韩延寿曾经有一次外出,将要上车时,有个随从的骑吏来晚了,韩延寿嘱咐功曹将这名迟到的骑吏论罪处分,然后汇报。韩延寿外出归来,当车驾行驶到府门前时,门卒拦住车马,说自己有话要说,韩延寿停住车,问他有什么事,门卒说:“《孝经》上说:‘臣子用侍奉父亲的礼数来服侍君主,它们都出于敬,因此人们对于母亲采取爱的态度,对君主采取敬的礼节,对于父亲则兼有敬和爱。’今天早晨您外出,车马停在那许久没有出发,那名骑吏的父亲来到太守府前不敢进去。骑吏知道了,赶忙出来拜见父亲,恰好遇到您上车出发,因此来迟了,如果因为孝敬自己的父亲而受到处罚,难道不会影响孝悌的教化吗?”韩延寿在车驾中举手向门卒致歉说:“没有您,我这太守还不知道自己的过失。”回到太守府后,韩延寿便召见了这名门卒。门卒本是个读书人,因为听说韩延寿为官贤明,又没有途径引荐自己,因此才代替别人充当门卒,韩延寿于是款待并留用他,韩延寿听从别人的劝告,采纳各种建议,都和这类事情差不多。韩延寿在东郡任职三年,百姓严格遵守法令,各类案件大为减少,为全国第一[1][2]。
治理冯翊
后来,韩延寿于神爵三年被选调入京试任左冯翊,一年后因为称职而转正。此后一年多,他一直不肯巡行视察所属各县,其属官多次劝他说:“您应该巡视郡中,这样可以了解民间风俗,考察地方官员的治理情况。”韩延寿说:“各县都有贤明的县令长,又有督邮在各县监察,巡视各县恐怕没有什么益处,反而会给地方增加麻烦。”属下们皆认为目前正值春月,出去巡视可以鼓励农民努力农业生产。韩延寿不得已,只好外出巡视,当巡视到高陵县时,有兄弟二人因争夺田产来告状,韩延寿十分痛心,说道:“我有幸充数为官,成为郡民的表率,但我却没有使百姓明白政风教化,致使骨肉之间发生这样的争执,既有伤风俗教化,更使得当地贤明的长吏、啬夫、三老、孝悌等蒙受耻辱,责任完全在我,我应当首先辞职反省。”当天他即托辞有病,不再处理公务,在传舍中闭门思过[1]。

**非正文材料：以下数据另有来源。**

//! Types of Go's library that encode themselves.

ghost use Rattle.std.specs.Prelude.{◌≡◌};
ghost use Rattle.gob_types.specs.Table.{shape_of};
ghost use Rattle.gob_source.specs.Adds.{Adds};
ghost use Rattle.gob_source.specs.Library.{is_of_package, is_package, kind_package, library_name, package_name};
ghost use Rattle.gob_source.specs.Library.{package_of, package_path, shape_package};
ghost use Rattle.gob_source.specs.Source.{import_text, imports, imports_any, imports_text, is_of};

use crate::names::is_word;
use crate::text::push_text;
use gob_types::{Kind, Marshal, Shape, Shapes, TypeId};
use std::alloc::AllocError;

/// A package of Go's library that has types which encode themselves.
#[derive(Clone, Copy)]
pub(crate) enum Package {
    /// math/big
    Big,
    /// net/netip
    Netip,
    /// net/url
    Url,
    /// time
    Time,
}

/// The package whose type has the name and encodes itself in this way, where there is one.
pub(crate) fn package_of(name: &[u8], marshal: Marshal) -> Option<Package>
    ensures { result ≡ package_of name.now marshal }
{
    match marshal {
        Marshal::Gob if is_word(name, &[b"Time"]) => Some(Package::Time),
        Marshal::Gob if is_word(name, &[b"Int", b"Float", b"Rat"]) => Some(Package::Big),
        Marshal::Binary if is_word(name, &[b"URL"]) => Some(Package::Url),
        Marshal::Binary if is_word(name, &[b"Addr", b"AddrPort", b"Prefix"]) => Some(
            Package::Netip,
        ),
        _ => None,
    }
}

/// The package of the type, where it is one of Go's library.
pub(crate) fn package_of_shape(shape: &Shape) -> Option<Package>
    ensures { result ≡ shape_package shape.now }
{
    match shape.kind {
        Kind::Opaque(marshal) => package_of(shape.name.as_bytes(), marshal),
        _ => None,
    }
}

/// Appends the type of this name as Go source names it.
pub(crate) fn push_library_name(
    owner: Package,
    name: &[u8],
    out: &mut Vec<u8>,
) -> Result<(), AllocError>
    ensures { Adds result out.old.items out.new.items (library_name owner name.now) }
{
    push_text(package_name(owner), out)?;
    push_text(b".", out)?;
    push_text(name, out)
}

fn package_name(owner: Package) -> &'static [u8]
    ensures { result.now ≡ package_name owner }
{
    match owner {
        Package::Big => b"big",
        Package::Netip => b"netip",
        Package::Url => b"url",
        Package::Time => b"time",
    }
}

fn package_path(owner: Package) -> &'static [u8]
    ensures { result.now ≡ package_path owner }
{
    match owner {
        Package::Big => b"math/big",
        Package::Netip => b"net/netip",
        Package::Url => b"net/url",
        Package::Time => b"time",
    }
}

/// Appends the import of the packages of these types, where they are of any.
pub(crate) fn push_imports<S: Shapes>(
    shapes: &S,
    ids: &[TypeId],
    out: &mut Vec<u8>,
) -> Result<(), AllocError>
    ensures { Adds result out.old.items out.new.items (imports_text (S.table shapes.now) ids.now) }
{
    if !imports_any(shapes, ids) {
        return Ok(());
    }
    push_text(b"\nimport (\n", out)?;
    push_import(shapes, ids, Package::Big, out)?;
    push_import(shapes, ids, Package::Netip, out)?;
    push_import(shapes, ids, Package::Url, out)?;
    push_import(shapes, ids, Package::Time, out)?;
    push_text(b")\n", out)
}

/// Appends the line of a package, where one of the types is its.
pub(crate) fn push_import<S: Shapes>(
    shapes: &S,
    ids: &[TypeId],
    owner: Package,
    out: &mut Vec<u8>,
) -> Result<(), AllocError>
    ensures { Adds result out.old.items out.new.items (import_text (S.table shapes.now) ids.now owner) }
{
    if !imports(shapes, ids, owner) {
        return Ok(());
    }
    push_text(b"\t\"", out)?;
    push_text(package_path(owner), out)?;
    push_text(b"\"\n", out)
}

// Whether one of the types is of any of the packages.
fn imports_any<S: Shapes>(shapes: &S, ids: &[TypeId]) -> bool
    ensures { result ≡ imports_any (S.table shapes.now) ids.now }
{
    imports(shapes, ids, Package::Big)
        || imports(shapes, ids, Package::Netip)
        || imports(shapes, ids, Package::Url)
        || imports(shapes, ids, Package::Time)
}

// Whether one of the types is of the package.
fn imports<S: Shapes>(shapes: &S, ids: &[TypeId], owner: Package) -> bool
    ensures { result ≡ imports (S.table shapes.now) ids.now owner }
{
    for id in ids {
        if is_of(shapes, *id, owner) {
            return true;
        }
    }
    false
}

fn is_of<S: Shapes>(shapes: &S, id: TypeId, owner: Package) -> bool
    ensures { result ≡ is_of (shape_of (S.table shapes.now) id) owner }
{
    let Some(shape) = shapes.shape_of(id) else {
        return false;
    };
    is_of_package(owner, package_of_shape(shape))
}

/// Whether there is a package, and it is this one.
pub(crate) fn is_of_package(owner: Package, other: Option<Package>) -> bool
    ensures { result ≡ is_of_package owner other }
{
    match other {
        Some(other) => is_package(owner, other),
        None => false,
    }
}

fn is_package(owner: Package, other: Package) -> bool
    ensures { result ≡ is_package owner other }
{
    matches!(
        (owner, other),
        (Package::Big, Package::Big)
            | (Package::Netip, Package::Netip)
            | (Package::Url, Package::Url)
            | (Package::Time, Package::Time)
    )
}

全县的人都不知道该怎么办,县令、县丞、啬夫、三老都将自己捆绑著等待接受处分。这样一来,争讼的族人互相责备,两兄弟也深感悔恨,都自己剃去头发,袒露上身,表示甘愿伏罪,两人皆愿把田产相让,至死也不敢再有争议。韩延寿闻讯大喜,开门接见,拿出酒肉款待,和他们一同进餐,好言劝勉,并叫他们把意思转告给当地乡亲,以此来表彰鼓励悔过自新的百姓。韩延寿这才开始处理政事,接见县乡各级官吏,向他们表示感谢和慰问。这样,郡中和睦安定,百姓们无不相互告诫勉励,不敢再有类似的事情发生。韩延寿的恩德与威信遍及二十四县,再没有为了争执是非而向他申诉的。韩延寿推心置腹,以诚相待,吏民们都不忍欺骗他[1]。
奢僭遭祸
韩延寿接替萧望之担任左冯翊,萧望之被提升为御史大夫。有个名叫福的侍谒者向萧望之报告说,韩延寿在东郡时私自发放了一千多万公款。萧望之与丞相邴吉商议此事,邴吉认为正逢大赦,不必追究。洽好此时有个侍御史要到东郡去办事,萧望之于是命他将这件事一并查清。韩延寿知道后,就布置属下查讯核实萧望之任左冯翊时廪牺官发放一百多万公款的事。廪牺官受不了拷打讯问,便招认自己与萧望之一同作奸犯科。韩延寿上书揭发此事,并递送文书给殿门,禁止萧望之入宫。萧望之上奏说:“我的职责在于总管全国监察工作,遇到事情不能不查问,却因此遭到韩延寿的挟持胁迫。”汉宣帝由此不认为韩延寿有理,令人分别追查[1][2]。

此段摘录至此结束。